Quality Measure, Optimal Subgroup. The interestingness of a subgroup in a numerical dataset is measured by a numerical value. We consider here the quality measure based on the mean introduced in [14]. Let \(p\) be a subgroup. The quality of \(p\) is given by: \(q^a_{mean}(p) = |ext(p)|^a \times (\mu _{ext(p)} - \mu _{ext(\emptyset )}), a \in [0,1]\). |ext(p)| denotes the cardinality of ext(p), \(\mu _{ext(p)}\) is the mean of the target label in the extent of \(p\), \(\mu _{ext(\emptyset )}\) is the mean of the target label in the overall dataset, and \(a\) is a parameter that controls the number of objects of the subgroups. Let \((G, M, T)\) be a numerical dataset, \(q\) a quality measure and \(P\) the set of all subgroups of \((G, M, T)\). A subgroup \(p \in P\) is said to be optimal iff \(\forall p' \in P: q(p') \le q(p)\).

Plant Growth Recipe and Optimization Measure. A plant growth recipe (M, P, T) is given by a set of numerical parameters \(M\) specifying the growing conditions thanks to intervals on numerical values, a numerical value \(P\) representing the number of stages of the growth cycle, and a numerical target label \(T\) to quantify the recipe quality. In a given recipe, each parameter of \(M\) is repeated \(P\) times s.t. we have \(|M| \times P\) numerical attributes. Our goal is to optimize recipes and we want to discover actionable patterns in the sense that delivering such patterns will support the design of new growing conditions. An optimization measure \(f\) quantifies the quality of an iteration. We are interested in the mean of the target label of the objects of the optimal subgroup after each iteration. The measure is given by \(f_{mean} = \frac{\sum _{i \in ext(p)}T(i)}{|ext(p)|}\) where \(T(i)\) is the value of the target label for object \(i\).

3 Related Work

Designing recipes that optimize a given target attribute (e.g., the mass, the energy cost) is often tackled by domain experts who exploit the scientific literature. However, in our setting, it has two major drawbacks. First, most of the literature remains oriented towards conventional growing conditions and farming methods. In urban farms, there are more parameters that can be controlled. Secondly, the amount of knowledge about plants is unbalanced from one plant to another. Therefore, relying only on expert knowledge for plant recipe optimization is not sufficient. We have an optimization problem and the need for a limited number of iterations.
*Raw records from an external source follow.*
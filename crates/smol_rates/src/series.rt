//! e to the power of x in whole numbers, of which 2^40 are one.
ghost use Rattle.std.specs.Prelude.{◌≡◌, ◌≤◌, ◌^◌};
ghost use Rattle.smol_rates.specs.Series.{exponential, series, squared_times, unit};

/// One, in the units of the series.
pub const ONE: u128 = 1_099_511_627_776;

/// The last power of the series.
const LAST: u64 = 16;

/// How often e to the power of x is squared, so that x is multiplied by 32.
const SQUARINGS: u64 = 5;

// The series of x up to its 16th power.
fn series(x: u128) -> u128
    requires { x ≤ unit }
    ensures { result ≡ series x }
{
    let mut term = ONE;
    let mut sum = ONE;
    for number in 0..LAST {
        term = term * x / (u128::from(number + 1) * ONE);
        sum += term;
    }
    sum
}

// What comes of a number squared five times.
fn squared_five_times(e: u128) -> u128
    requires { e ≤ series unit }
    ensures { result ≡ squared_times 5 e }
{
    let mut power = e;
    for _turn in 0..SQUARINGS {
        power = power * power / ONE;
    }
    power
}

/// e to the power of 32 times x.
#[tactic(auto, unfolding(crate::specs::Series::exponential), using(crate::proofs::SeriesLemmas::series_grows))]
pub fn exponential(x: u128) -> u128
    requires { x ≤ unit }
    ensures value { result ≡ exponential x }
    ensures some { unit ≤ result }
    ensures fits { result ≤ 2 ^ 96 }
{
    squared_five_times(series(x))
}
Indeed, experimenting with plant growth recipes is time consuming (i.e., asking for weeks or months). Therefore, we have to minimize the number of experiments that are needed to optimize a given recipe. There are two main families of methods addressing the problem of optimizing a function over numerical variables: direct and model-based [18]. For direct methods, the common idea is to apply various strategies to sequentially evaluate solutions in the search space of recipes. However such methods do not address the problem of minimizing the number of experiments. For model-based methods, the idea is to build a model simulating the ground truth using available data and then to use it to guide the search process. For instance, [9] introduced a solution for recipe optimization using this type of method with the goal of optimizing the flavor of plants. Their framework is based on using a surrogate model, in this case a Symbolic Regression [13]. It considers recipe optimization by means of a promising virtuous circle. However, it suffers from several shortcomings: there is no guarantee on the quality of the generated models (i.e., they may not be able to model correctly the ground truth), the number of tested parameters is small (only 3), and the ratio between the number of objects and the number of parameters in the data needs to be at least ten for Symbolic Regression [10]. Clearly, it would restrict the search to only a few parameters.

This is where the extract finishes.